Я быстренько подозвала официантку, и на столике появилось несколько белых коробочек, аккуратно перевязанных бечевкой. Внезапно Дина расплакалась.

– Что случилось? – испугалась я.

– Это Надька вам велела надо мной поиздеваться!

– Господи, да что я сделала?

– Пирожные эти, – ткнула некрасивым пальцем Дина в сторону коробочек. – Сказала небось, пусть почувствует себя униженной.

– Какой вздор! – вскипела я. – Просто мне показалось, что вам понравилась выпечка, вот я и решила купить эклеры. Себе тоже закажу.

– Вы не представляете, – всхлипывала девушка, – как отвратительно быть нищей, считать копейки, одеваться в секонд-хэнде и постоянно экономить на всем.

– Отче­го же! Очень хорошо это знаю. Долгие годы я существовала на крохотную зарплату!

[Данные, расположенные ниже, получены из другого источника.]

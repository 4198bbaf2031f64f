//! A link over a WebSocket.
ghost use Rattle.std.specs.Prelude.{◌≡◌, ◌≤◌, false, not, ◌==◌, Err};
ghost use Rattle.cov_io.specs.Causes.{Rose};
ghost use Rattle.cov_net.specs.Reads.{heard_of, link_fault};
ghost use Rattle.cov_net.specs.Real.{link_closed, link_faults, untold_link};

use cov_io::{Got, Link, LinkFault};
use std::alloc::Global;
use std::io::{Read, Write};
use tungstenite::{Error, MaskKeys, Message, Utf8Bytes, WebSocket};
use websocket::error::ProtocolError;

/// How many messages one `recv` reads at most. Where each was a ping or a pong, the last of them is a fault.
const CONTROLS: u32 = 1_000_000;

/// A link over a WebSocket on any stream. It tells no content; each error raises its count.
///
/// It is closed after the peer's close message, or where the stream ends. Pings and pongs are passed over, but for the
/// 1,000,000th in a row within one call, which is a fault, as a binary message is.
#[derive(Drop)]
pub struct SocketLink<S, K> {
    socket: WebSocket<S, K>,
    closed: bool,
    faults: u64,
}

/// What was read of a socket.
#[derive(Debug, Drop)]
pub(crate) enum Heard {
    Text(Utf8Bytes),
    Control,
    Closed,
    Fault(LinkFault),
}

impl<S: Drop, K: Drop> SocketLink<S, K> {
    /// A link over a socket whose handshake is done.
    pub fn new(socket: WebSocket<S, K>) -> SocketLink<S, K>
        ensures closed { link_closed result ≡ false }
        ensures faults { link_faults result ≡ 0 }
    {
        SocketLink {
            socket,
            closed: false,
            faults: 0,
        }
    }

    /// Whether a `recv` has answered that the link is closed.
    pub(crate) fn is_closed(&self) -> bool
        ensures { result ≡ link_closed self.now }
    {
        self.closed
    }

    // Counts a fault, and hands it on.
    fn failed(&mut self, fault: LinkFault) -> LinkFault
        ensures same { result ≡ fault }
        ensures rose { Rose (link_faults self.old) (link_faults self.new) }
        ensures later { link_faults self.old ≤ link_faults self.new }
        ensures closed { link_closed self.new ≡ link_closed self.old }
    {
        let faults = self.faults;
        self.faults = faults.saturating_add(1);
        fault
    }

    /// Whether the link has failed.
    pub(crate) fn has_failed(&self) -> bool
        ensures { result ≡ not (link_faults self.now == 0) }
    {
        self.faults != 0
    }
}

impl<S: Read + Write + Drop, K: MaskKeys + Drop> Link for SocketLink<S, K> {
    ghost state = { λ s. untold_link s.closed };

    ghost faults = { λ s. s.faults };

    fn send(&mut self, alloc: Global, text: &str) -> Result<(), LinkFault> {
        match send_text(&mut self.socket, alloc, text) {
            Ok(()) => Ok(()),
            Err(fault) => Err(self.failed(fault)),
        }
    }

    fn recv(&mut self, alloc: Global) -> Result<Got, LinkFault> {
        match next_text(&mut self.socket, alloc, self.closed) {
            Ok(Got::Text(text)) => Ok(Got::Text(text)),
            Ok(Got::Closed) => {
                self.closed = true;
                Ok(Got::Closed)
            }
            Err(fault) => Err(self.failed(fault)),
        }
    }
}

fn send_text<S: Read + Write + Drop, K: MaskKeys + Drop>(
    socket: &mut WebSocket<S, K>,
    alloc: Global,
    text: &str,
) -> Result<(), LinkFault> {
    let message = Message::text(alloc, text)?;
    socket.send(message).map_err(fault_of)
}

// The next text, or that no more comes, as where that is known already.
fn next_text<S: Read + Write + Drop, K: MaskKeys + Drop>(
    socket: &mut WebSocket<S, K>,
    alloc: Global,
    closed: bool,
) -> Result<Got, LinkFault> {
    if closed {
        return Ok(Got::Closed);
    }
    for _ in 0..CONTROLS {
        match meaning_of(socket.read()) {
            Heard::Text(text) => return Ok(Got::Text(String::from_str(alloc, text.as_str())?)),
            Heard::Closed => return Ok(Got::Closed),
            Heard::Fault(fault) => return Err(fault),
            Heard::Control => {}
        }
    }
    Err(LinkFault::Failed)
}

// What a read means.
fn meaning_of(read: Result<Message, Error>) -> Heard
    ensures { result ≡ heard_of read }
{
    match read {
        Ok(Message::Text(text)) => Heard::Text(text),
        Ok(Message::Ping(_)) | Ok(Message::Pong(_)) => Heard::Control,
        Ok(Message::Binary(_)) => Heard::Fault(LinkFault::Failed),
        Ok(Message::Close(_)) => Heard::Closed,
        Err(error) => ended(error),
    }
}

// What an error of a read means: the end of the stream, or a fault.
fn ended(error: Error) -> Heard
    ensures { result ≡ heard_of (Err error) }
{
    match error {
        Error::ConnectionClosed | Error::Protocol(ProtocolError::ResetWithoutClosingHandshake) =>
            Heard::Closed,
        error => Heard::Fault(fault_of(error)),
    }
}

// What an error of a socket means for its link.
pub(crate) fn fault_of(error: Error) -> LinkFault
    ensures { result ≡ link_fault error }
{
    match error {
        Error::OutOfMemory => LinkFault::NoMemory,
        _ => LinkFault::Failed,
    }
}
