//! The real links and net: WebSockets over TCP.
#![tactic(auto)]

mod socket;
mod tcp;

pub use socket::SocketLink;
pub use tcp::{LONGEST_MESSAGE, TcpNet};
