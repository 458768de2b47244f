// Exports for differential runs and benchmarks: the leaves, one by one. No part of the delivered interface.
#![tactic(auto)]

ghost use Rattle.std.specs.Prelude.{◌≡◌, ◌+◌, ◌*◌, ◌≤◌, ◌^◌, length};
ghost use Rattle.crc32.specs.V42.{crc_of, update_of};
ghost use Rattle.refusal.specs.Refusal.{answer_number};
ghost use Rattle.sstable.specs.Trailer.{trailer_of};
ghost use Rattle.block.specs.Verify.{verify_of};
ghost use Rattle.point.specs.Hash.{hash_value, fingerprint_of};
ghost use Rattle.encoding.specs.Encoding.{width_of};
ghost use Rattle.construction.specs.Construct.{construct_of};
ghost use Rattle.construction.specs.Scratch.{placement_in};
ghost use Rattle.area.specs.Area.{keys_in_of};
ghost use Rattle.construct.specs.Keys.{KeysStand};
ghost use Rattle.probe.specs.Probe.{
  bucket_probe,
  position_probe,
  slot_probe,
  meta_written,
  record_number,
  step_probe,
  probed_record_written,
  key_written,
  totals_of,
  length_probe,
  seed_written,
  PlacedAs,
};

use area::Keys;
use block::Entries;
use builder::Builder;
use encoding::Totals;
use refusal::Refusal;

#[unsafe(no_mangle)]
pub extern "C" fn probe_crc32_update(state: u32, data: &[u8]) -> u32
    ensures { result ≡ update_of state «data».now }
{
    crc32::update(state, data)
}

// The name of an older form: the table that is lent is not read.
#[unsafe(no_mangle)]
pub extern "C" fn probe_crc32_lent(table: &[[u32; 256]; 8], data: &[u8]) -> u32
    ensures { result ≡ crc_of «data».now }
{
    crc32::crc32(data)
}

#[unsafe(no_mangle)]
pub extern "C" fn probe_hash(key: &[u8], seed: u64) -> u64
    ensures { result ≡ hash_value key.now seed }
{
    point::hash(key, seed)
}

#[unsafe(no_mangle)]
pub extern "C" fn probe_fingerprint(h: u64) -> u64
    ensures { result ≡ fingerprint_of h }
{
    point::fingerprint(h) as u64
}

#[unsafe(no_mangle)]
pub extern "C" fn probe_bucket(h: u64, count: u64) -> u64
    ensures { result ≡ bucket_probe h count }
{
    if count == 0 {
        return 0;
    }
    point::bucket(h, count)
}

// This export and the next ask the same of the pilot and the number of places: C callers need both names, and a
// function of the two tests would be handed the one call in which they differ.
#[unsafe(no_mangle)]
pub extern "C" fn probe_position(h: u64, pilot: u64, n: u64) -> u64
    ensures { result ≡ position_probe h pilot n }
{
    if n == 0 {
        return 0;
    }
    if 0x1_0000_0000 <= pilot {
        return 0;
    }
    point::position(h, pilot as u32, n)
}

#[unsafe(no_mangle)]
pub extern "C" fn probe_slot(h: u64, pilot: u64, n: u64) -> u64
    ensures { result ≡ slot_probe h pilot n }
{
    if n == 0 {
        return 0;
    }
    if 0x1_0000_0000 <= pilot {
        return 0;
    }
    point::slot(h, pilot as u32, n)
}

#[unsafe(no_mangle)]
pub extern "C" fn probe_width(max: u64) -> u64
    ensures { result ≡ width_of max }
{
    encoding::width(max) as u64
}

#[unsafe(no_mangle)]
#[tactic(auto, unfolding(crate::specs::Probe::length_defs))]
pub extern "C" fn probe_section_len(totals: &[u64; 9], prefix: u64) -> u64
    ensures { result ≡ length_probe (totals_of totals.now) prefix }
{
    let t = Totals {
        keys: totals[0],
        versions: totals[1],
        suffix_bytes: totals[2],
        min_seq: totals[3],
        max_seq: totals[4],
        max_key_len: totals[5],
        max_value_len: totals[6],
        max_versions: totals[7],
        last_value_offset: totals[8],
    };
    // By name: the empty places are needed here and in `readback` alone.
    let b = Builder {
        totals: t,
        used: 0,
        last_key: 0,
        anchor: 0,
    };
    b.size(prefix).unwrap_or(0)
}

#[unsafe(no_mangle)]
#[tactic(auto, unfolding(refusal::specs::Refusal::answer_number))]
pub extern "C" fn probe_trailer(section: &[u8]) -> u64
    ensures { result ≡ answer_number (trailer_of section.now) }
{
    match sstable::verify_trailer(section) {
        Ok(()) => 0,
        Err(refusal) => refusal.number(),
    }
}

#[unsafe(no_mangle)]
#[tactic(auto, unfolding(crate::specs::Probe::meta_written, refusal::specs::Refusal::answer_number))]
pub extern "C" fn probe_verify(raw: &[u8], meta: &mut [u64; 3]) -> u64
    ensures { (result ≡ answer_number (verify_of raw.now)) × (meta.new ≡ meta_written (verify_of raw.now) meta.old) }
{
    match block::verify(raw) {
        Ok(m) => {
            *meta = [
                m.entries_end as u64,
                m.restart_start as u64,
                m.num_restarts as u64,
            ];
            0
        }
        Err(unsound) => unsound.number(),
    }
}

// The name of an older form, as `probe_crc32_lent`.
#[unsafe(no_mangle)]
pub extern "C" fn probe_verify_lent(table: &[[u32; 256]; 8], raw: &[u8], meta: &mut [u64; 3]) -> u64
    ensures { (result ≡ answer_number (verify_of raw.now)) × (meta.new ≡ meta_written (verify_of raw.now) meta.old) }
{
    probe_verify(raw, meta)
}

// One step of a block's walk: the previous key is the first `key_len` bytes of the scratch.
#[unsafe(no_mangle)]
pub extern "C" fn probe_record(
    raw: &[u8],
    entries_end: u64,
    pos: u64,
    key_len: u64,
    scratch: &mut [u8],
    fields: &mut [u64; 6],
) -> u64
    ensures { (result ≡ record_number (length scratch.old) (step_probe raw.now entries_end pos key_len))
        × (fields.new
        ≡ probed_record_written (length scratch.old) (step_probe raw.now entries_end pos key_len) fields.old)
        × (scratch.new ≡ key_written raw.now pos (step_probe raw.now entries_end pos key_len) scratch.old) }
{
    let end = entries_end as usize;
    if raw.len() < end {
        return Refusal::Entry.number();
    }
    let at = pos as usize;
    match Entries::new(raw, end).record_at(at, key_len as usize) {
        Ok(r) => {
            if scratch.len() < r.key_len {
                return Refusal::KeyRoom.number();
            }
            block::copy_key(
                raw,
                at + block::ENTRY_FIXED_LEN,
                r.key_len - r.shared,
                scratch,
                r.shared,
            );
            fields[0] = u8::from(r.kind) as u64;
            fields[1] = r.seq;
            fields[2] = r.key_len as u64;
            fields[3] = r.place as u64;
            fields[4] = r.size as u64;
            fields[5] = r.next as u64;
            0
        }
        Err(refusal) => refusal.number(),
    }
}

// Construction over the keys of an area; pilots and slots are left in the scratch. C hands over an area and a number,
// so this probe asks that the area holds the keys, and that hashes and scratch are long enough.
#[unsafe(no_mangle)]
pub extern "C" fn probe_construct(
    area: &[u8],
    count: u64,
    hashes: &mut [u64],
    scratch: &mut [u32],
    seed: &mut u64,
) -> u64
    requires le_count { (1 ≤ count) × (count ≤ 2 ^ 20) × KeysStand area.now count }
    requires count_in_bounds { (count ≤ length hashes.old) × (6 * count + 8 ≤ length scratch.old) }
    ensures { (result ≡ answer_number (construct_of (keys_in_of area.now count)))
        × (seed.new ≡ seed_written (construct_of (keys_in_of area.now count)) seed.old)
        × PlacedAs (construct_of (keys_in_of area.now count)) (placement_in count scratch.new) }
{
    let keys = Keys {
        area,
        head: 0,
        count: count as usize,
    };
    match construct::construct(&keys, hashes, scratch) {
        Some(s) => {
            *seed = s;
            0
        }
        None => Refusal::NoSeed.number(),
    }
}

– Нет, не понимаете, – размазывала по лицу сопли Дина, – меня никто не уважает! Вот Надька деньги дала, да не сама привезла, а вас отправила.

– Надя…

– Ой, не верю я в ее болезни! – взвизгнула «подруга». – Просто ей богатство в голову ударило! От денег у многих башку сносит. Знаете, откуда у нее все?

– Нет.

– Так сейчас расскажу, – оживилась она.

Я вздохнула. Все-таки люди крайне неблагодарные животные. Очень многие норовят сделать гадость тому, кто подал им руку помощи, а все зависть!

Од­нажды моя бабушка Афанасия со вздохом сказала:

– Дашенька, не зови к нам Катю Ковалеву.

Я очень удивилась. Афанасия все­гда приветливо встречала моих подруг, кормила обедом и доставала из буфета остродефицитные то­гда шоколадные конфеты.

– Тебе не нравится, что у нее папа алкоголик? – с детским простодушием поинтересовалась я.

– Нет, – покачала головой бабушка, – Катерина плохая подруга.

– Неправда, – с жаром воскликнула я, – Катька хорошая! Она так меня жалела, ко­гда десятиклассники портфель на шкаф запихнули.

Афанасия вздохнула:

– Маленькая ты еще, глупая. Не тот друг, что в несчастье пожалеет, а тот, что твоей радости порадуется.

– Не понимаю.

– Ко­гда ты на катке руку сломала, как поступила Катя?